# Missing african grey



## carolhebbers (Jan 17, 2011)

Missing African Grey Parrot -since Sat 15th Jan 2011 from the Edmonton N9 area. Please contact if you have any information or have sighted this bird. Owner is devastated and needs him back.Thanks Phone 07984 784987


----------



## hawksport (Dec 27, 2009)

Take advice from someone who has had a grey gone awol.
You need to give a phone number and you need to be ready to go when you get the call. If it is seen and and someone posts on here by the time you see the post it will be gone again.
Also inform these it is missing Falconry equipment - falconry equipment online - cheap bird vitamins


----------



## carolhebbers (Jan 17, 2011)

Thanks-I have updated the message


----------



## tinamary (Aug 17, 2008)

I hope you find him soon.
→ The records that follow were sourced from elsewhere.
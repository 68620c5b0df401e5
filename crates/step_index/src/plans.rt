//! Which steps a rollback takes back.

ghost use Rattle.std.specs.Prelude.{◌≡◌, ◌<◌, ◌≤◌, ◌+◌, ◌-◌, ◌∷◌, ◌++◌, [], drop, length, map, IfOk, OnOk, Some, if◌then◌else◌, slice_get};
ghost use Rattle.std.specs.List.{count_by};
ghost use Rattle.depends.specs.Plans as plans;
ghost use Rattle.saved_steps.specs.declared.record.StepRecord.{StepRecord as Kept};
ghost use Rattle.step_index.specs.Finding.{AreFound};
ghost use Rattle.step_index.specs.Near.{is_near};

use crate::found::FoundSteps;
use crate::looks::{CountedRecords, Looks};
use depends::Plan;
use std::alloc::{AllocError, Global};

/// The step at a place and all its consequences, the latest first, as `plan_with_looks` finds them.
pub(crate) fn plan_of(
    alloc: Global,
    records: &CountedRecords,
    at: usize,
) -> Result<Plan, AllocError>
    requires { at < length records.now }
    ensures { IfOk result (λ p. p ≡ plans.plan (map (λ r. r.fact) records.now) at) }
{
    let count = records.len();
    prove!(at < count);
    let mut looks = Looks::new();
    plan_with_looks(alloc, records, at, &mut looks)
}

/// The step at a place and all its consequences, the latest first. A consequence makes those later places due at which a step may be
/// that depends directly on it. Each due place is looked at once, in their order: whether its step depends directly on one that was
/// found is told by the marks of these. No other place is looked at.
pub(crate) fn plan_with_looks(
    alloc: Global,
    records: &CountedRecords,
    at: usize,
    looks: &mut Looks,
) -> Result<Plan, AllocError>
    requires there { at < length records.now }
    requires room { looks.old.count + length records.now ≤ 18446744073709551615 }
    ensures plan { IfOk result (λ p. p ≡ plans.plan (map (λ r. r.fact) records.now) at) }
    ensures looks { looks.new.count ≤ looks.old.count + (length records.now - at) }
    ensures members { IfOk result (λ p. looks.old.count + length p ≤ looks.new.count) }
    ensures near { IfOk result (λ p. looks.new.count ≤ looks.old.count + 1 + count_by (is_near records.now p) (drop (at + 1) records.now)) }
{
    let mut found = begin(alloc, records, at, looks)?;
    while let Some(place) = found.next_due() {
        add_if_follows(&mut found, records, place, looks)?;
    }
    let mut places = found.into_places();
    places.reverse();
    Ok(Plan::new(places))
}

/// The first step of a plan.
fn begin(
    alloc: Global,
    records: &CountedRecords,
    at: usize,
    looks: &mut Looks,
) -> Result<FoundSteps, AllocError>
    requires there { at < length records.now }
    requires room { looks.old.count < 18446744073709551615 }
    ensures places { IfOk result (λ found. found.places.items ≡ at ∷ []) }
    ensures found { IfOk result (λ found. AreFound records.now (at + 1) found) }
    ensures looks { looks.new.count ≡ looks.old.count + 1 }
{
    let mut found = FoundSteps::new(alloc);
    let fact = &records.look(looks, at).fact;
    found.add(records, at, fact)?;
    Ok(found)
}

/// Adds a place to those that were found, if its step depends directly on one there.
fn add_if_follows(
    found: &mut FoundSteps,
    records: &CountedRecords,
    place: usize,
    looks: &mut Looks,
) -> Result<(), AllocError>
    requires there { place < length records.now }
    requires room { looks.old.count < 18446744073709551615 }
    requires found { AreFound records.now (place + 1) found.old }
    ensures places { (g : Kept) → slice_get records.now place ≡ Some g → OnOk result (found.new.places.items
        ≡ (if plans.depends_on_some (map (λ r. r.fact) records.now) found.old.places.items g.fact then found.old.places.items ++ place ∷ [] else found.old.places.items)) }
    ensures found { OnOk result (AreFound records.now (place + 1) found.new) }
    ensures looks { looks.new.count ≡ looks.old.count + 1 }
{
    let fact = &records.look(looks, place).fact;
    if !found.is_needed(fact)? {
        return Ok(());
    }
    found.add(records, place, fact)
}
Good luck


----------



## carolhebbers (Jan 17, 2011)

Thanks very much.He was sighted today but flew off before my friend could reach him but at least we know he's still alive. Still some hope .


----------



## hawksport (Dec 27, 2009)

I lost count of how many times I ran out of work and just missed mine. Just a matter of getting there quick enough. When mine went he had a few places he would visit each day so he may turn up in the same place again


----------